Exercise objective >>
Each line of the entries that mentions the string "IfOk" needs to be reported.

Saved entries
ghost use Rattle.std.specs.Prelude.{◌≡◌, ◌∷◌, IfOk};
ghost use Rattle.vx_script_forms.specs.ValuesOf.{maybe_value, count_value, stripe_value, act_kind, call_kind, make_kind, policy_kind, kind_of, act_values, call_values, attr_values, policy_values, values_of};

use crate::{Act, Call, Form, Kind, MakeAttrs, WordLayout, WordPolicy, name_in};
use std::alloc::Global;
use vx_base::OutOfMemory;
use vx_names::Name;
use vx_script_words::{Names, Value};

/// The kind of the line that says the form.
pub fn kind_of(form: &Form) -> Kind
    ensures { result ≡ kind_of form.now }
{
    match form {
        Form::MkImage { .. } => Kind::MkImage,
        Form::Bare { .. } => Kind::Bare,
        Form::DgInit { .. } => Kind::DgInit,
        Form::DgAddDisk { .. } => Kind::DgAddDisk,
        Form::DgImport { .. } => Kind::DgImport,
        Form::DgDeport { .. } => Kind::DgDeport,
        Form::DiskUnsetup { .. } => Kind::DiskUnsetup,
        Form::VxMake { .. } => Kind::VxMake,
        Form::PrintM { .. } => Kind::PrintM,
        Form::PrintHt { .. } => Kind::PrintHt,
        Form::AssistMake { attrs, .. } => make_kind(*attrs.get()),
        Form::Mirror { .. } => Kind::Mirror,
        Form::RemoveVolume { .. } => Kind::RemoveVolume,
        Form::Start { .. } => Kind::Start,
        Form::Stop { .. } => Kind::Stop,
        Form::Rdpol { policy, .. } => policy_kind(*policy),
        Form::PlexDis { rm: false, .. } => Kind::PlexDis,
        Form::PlexDis { rm: true, .. } => Kind::PlexDisRm,
        Form::Prepare { .. } => Kind::Prepare,
        Form::Unprepare { .. } => Kind::Unprepare,
        Form::AddMir { .. } => Kind::AddMir,
        Form::Dis { .. } => Kind::Dis,
        Form::Split { .. } => Kind::Split,
        Form::PrintSnaps { .. } => Kind::PrintSnaps,
        Form::Recover { .. } => Kind::Recover,
        Form::Acting(act) => act_kind(act),
        Form::Calling(call) => call_kind(call),
        Form::Sessions(_) => Kind::Sessions,
    }
}

fn make_kind(attrs: MakeAttrs) -> Kind
    ensures { result ≡ make_kind attrs.layout attrs.ncol attrs.unit }
{
    match (attrs.layout, attrs.ncol, attrs.unit) {
        (Some(WordLayout::Stripe), _, _) => Kind::MakeStripe,
        (_, None, None) => Kind::MakeConcat,
        _ => Kind::MakeStripe,
    }
}

fn policy_kind(policy: WordPolicy) -> Kind
    ensures { result ≡ policy_kind policy }
{
    match policy {
        WordPolicy::Round => Kind::RdpolRound,
        WordPolicy::Select => Kind::RdpolSelect,
        WordPolicy::Prefer(_) => Kind::RdpolPrefer,
    }
}

pub fn act_kind(act: &Act) -> Kind
    ensures { result ≡ act_kind act.now }
{
    match act {
        Act::SnapMake { .. } => Kind::SnapMake,
        Act::Reattach { .. } => Kind::Reattach,
        Act::Restore { .. } => Kind::Restore,
        Act::Snapback {
            from_replica: false,
            ..
        } => Kind::Snapback,
        Act::Snapback {
            from_replica: true,
            ..
        } => Kind::SnapbackFromReplica,
        Act::PlexDet { .. } => Kind::PlexDet,
        Act::PlexAtt { .. } => Kind::PlexAtt,
    }
}

pub fn call_kind(call: &Call) -> Kind
    ensures { result ≡ call_kind call.now }
{
    match call {
        Call::Read { .. } => Kind::Read,
        Call::Fill { .. } => Kind::Fill,
        Call::Data { .. } => Kind::Data,
    }
}

fn maybe_value(name: Option<Name>) -> Value
    ensures { result ≡ maybe_value name }
{
    match name {
        None => Value::Nothing,
        Some(name) => Value::Named(name),
    }
}

fn count_value(count: Option<u64>) -> Value
    ensures { result ≡ count_value count }
{
    match count {
        None => Value::Nothing,
        Some(n) => Value::Number(n),
    }
}

fn small_value(count: Option<u32>) -> Value
    ensures { result ≡ count_value count }
{
    match count {
        None => Value::Nothing,
        Some(n) => Value::Number(n as u64),
    }
}

/// A line's values: those of its first word and of the group, and the others.
macro_rules! line {
    ($alloc:expr, $group:expr; $($value:expr),*) => {
        Ok(vec![in $alloc; Value::Word, maybe_value($group), $($value),*]?)
    };
}

/// The values of an act's line, with those of the group.
pub fn act_values(alloc: Global, group: Option<Name>, act: &Act) -> Result<Vec<Value>, OutOfMemory>
    ensures { IfOk result (λ values. values.items ≡ act_values group act.now) }
{
    let word = Value::Word;
    match act {
        Act::SnapMake { vol, snap, plex } => {
            let (vol, snap, plex) = (*vol.get(), *snap.get(), name_in(plex));
            line!(alloc, group; word, Value::BreakOff { vol, snap, plex })
        }
        Act::Reattach { snap, vol } => {
            line!(alloc, group; word, Value::Named(*snap), Value::Named(*vol.get()))
        }
        Act::Restore { vol, snap } => {
            line!(alloc, group; word, Value::Named(*vol), Value::Named(*snap.get()))
        }
        Act::Snapback { snap, from_replica } => {
            if *from_replica {
                line!(alloc, group; word, Value::Word, Value::Word, Value::Named(*snap))
            } else {
                line!(alloc, group; word, Value::Named(*snap))
            }
        }
        Act::PlexDet { plex } => line!(alloc, group; word, Value::Named(*plex)),
        Act::PlexAtt { vol, plex } => {
            line!(alloc, group; word, Value::Named(*vol), Value::Named(*plex.get()))
        }
    }
}

/// The values of a call's line, with those of the group.
pub fn call_values(
    alloc: Global,
    group: Option<Name>,
    call: &Call,
) -> Result<Vec<Value>, OutOfMemory>
    ensures { IfOk result (λ values. values.items ≡ call_values group call.now) }
{
    match call {
        Call::Read { vol, start, count } => {
            line!(alloc, group; Value::Named(*vol), Value::Number(*start), Value::Number(*count))
        }
        Call::Fill {
            vol,
            start,
            count,
            byte,
        } => {
            let byte = Value::Number(*byte as u64);
            line!(alloc, group; Value::Named(*vol), Value::Number(*start), Value::Number(*count), Value::Word, byte)
        }
        Call::Data { vol, start, blocks } => {
            let blocks = Value::Blocks(blocks.copy(alloc)?);
            line!(alloc, group; Value::Named(*vol), Value::Number(*start), Value::Word, blocks)
        }
    }
}

fn policy_values(
    alloc: Global,
    group: Option<Name>,
    vol: Name,
    policy: WordPolicy,
) -> Result<Vec<Value>, OutOfMemory>
    ensures { IfOk result (λ values. values.items ≡ policy_values group vol policy) }
{
    let (word, vol) = (Value::Word, Value::Named(vol));
    match policy {
        WordPolicy::Round | WordPolicy::Select => line!(alloc, group; word, Value::Word, vol),
        WordPolicy::Prefer(plex) => {
            line!(alloc, group; word, Value::Word, vol, Value::Named(plex))
        }
    }
}

fn make_values(
    alloc: Global,
    group: Option<Name>,
    vol: Name,
    length: u64,
    attrs: MakeAttrs,
    disks: &Names,
) -> Result<Vec<Value>, OutOfMemory>
    ensures { IfOk result (λ values. values.items ≡ Value.Word ∷ maybe_value group ∷ Value.Word ∷ Value.Named vol ∷ Value.Number length ∷ attr_values attrs disks.now) }
{
    let (word, vol, length) = (Value::Word, Value::Named(vol), Value::Number(length));
    let (nmirror, region) = (small_value(attrs.nmirror), count_value(attrs.region));
    let ndcomirror = small_value(attrs.ndcomirror);
    let disks = Value::Names(disks.copy(alloc)?);
    match (attrs.layout, attrs.ncol, attrs.unit) {
        (None, None, None) => {
            line!(alloc, group; word, vol, length, Value::Nothing, nmirror, region, ndcomirror, disks)
        }
        (Some(WordLayout::Concat), None, None) => {
            line!(alloc, group; word, vol, length, Value::Word, nmirror, region, ndcomirror, disks)
        }
        (layout, ncol, unit) => {
            let (layout, ncol, unit) = (stripe_value(layout), small_value(ncol), count_value(unit));
            line!(alloc, group; word, vol, length, layout, ncol, unit, nmirror, region, ndcomirror, disks)
        }
    }
}

fn stripe_value(layout: Option<WordLayout>) -> Value
    ensures { result ≡ stripe_value layout }
{
    match layout {
        Some(WordLayout::Stripe) => Value::Word,
        _ => Value::Nothing,
    }
}

/// The values of the form's first line, with those of the group.
pub fn values_of(alloc: Global, group: Option<Name>, form: &Form) -> Result<Vec<Value>, OutOfMemory>
    ensures { IfOk result (λ values. values.items ≡ values_of group form.now) }
{
    let word = Value::Word;
    match form {
        Form::MkImage { device, length } => {
            line!(alloc, group; Value::Named(*device), Value::Number(*length))
        }
        Form::Bare { vol, device } =>
            line!(alloc, group; Value::Named(*vol), Value::Named(*device)),
        Form::DgInit { dg, disks } => {
            let disks = Value::Pairs(disks.copy(alloc)?);
            line!(alloc, group; word, Value::Named(*dg), disks)
        }
        Form::DgAddDisk { dg, disk } => {
            line!(alloc, group; word, Value::Named(*dg), Value::Word, Value::Pair(*disk.get()))
        }
        Form::DiskUnsetup { device } => line!(alloc, group; Value::Named(*device)),
        Form::VxMake { .. } => line!(alloc, group; word),
        Form::PrintM { vol }
        | Form::PrintHt { vol }
        | Form::PrintSnaps { vol }
        | Form::Recover { vol } => line!(alloc, group; word, maybe_value(*vol)),
        Form::AssistMake {
            vol,
            length,
            attrs,
            disks,
        } => make_values(alloc, group, *vol, *length, *attrs.get(), disks),
        Form::Mirror { vol, disks } | Form::AddMir { vol, disks } => {
            let disks = Value::Names(disks.copy(alloc)?);
            line!(alloc, group; word, Value::Named(*vol), disks)
        }
        Form::RemoveVolume { vol } => line!(alloc, group; word, Value::Word, Value::Named(*vol)),
        Form::DgImport { dg: name }
        | Form::DgDeport { dg: name }
        | Form::Start { vol: name }
        | Form::Stop { vol: name }
        | Form::Unprepare { vol: name }
        | Form::Dis { snap: name }
        | Form::Split { snap: name } => line!(alloc, group; word, Value::Named(*name)),
        Form::Rdpol { vol, policy } => policy_values(alloc, group, *vol, *policy),
        Form::PlexDis { plex, rm } => {
            if *rm {
                line!(alloc, group; word, Value::Word, Value::Word, Value::Named(*plex))
            } else {
                line!(alloc, group; word, Value::Named(*plex))
            }
        }
        Form::Prepare {
            vol,
            ndcomirs,
            region,
        } => {
            let (ndcomirs, region) = (count_value(*ndcomirs), count_value(*region));
            line!(alloc, group; word, Value::Named(*vol), ndcomirs, region)
        }
        Form::Acting(act) => act_values(alloc, group, act),
        Form::Calling(call) => call_values(alloc, group, call),
        Form::Sessions(block) => line!(alloc, group; Value::Number(block.sessions as u64)),
    }
}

Output below >>
ghost use Rattle.std.specs.Prelude.{◌≡◌, ◌∷◌, IfOk};
    ensures { IfOk result (λ values. values.items ≡ act_values group act.now) }
    ensures { IfOk result (λ values. values.items ≡ call_values group call.now) }
    ensures { IfOk result (λ values. values.items ≡ policy_values group vol policy) }
    ensures { IfOk result (λ values. values.items ≡ Value.Word ∷ maybe_value group ∷ Value.Word ∷ Value.Named vol ∷ Value.Number length ∷ attr_values attrs disks.now) }
    ensures { IfOk result (λ values. values.items ≡ values_of group form.now) }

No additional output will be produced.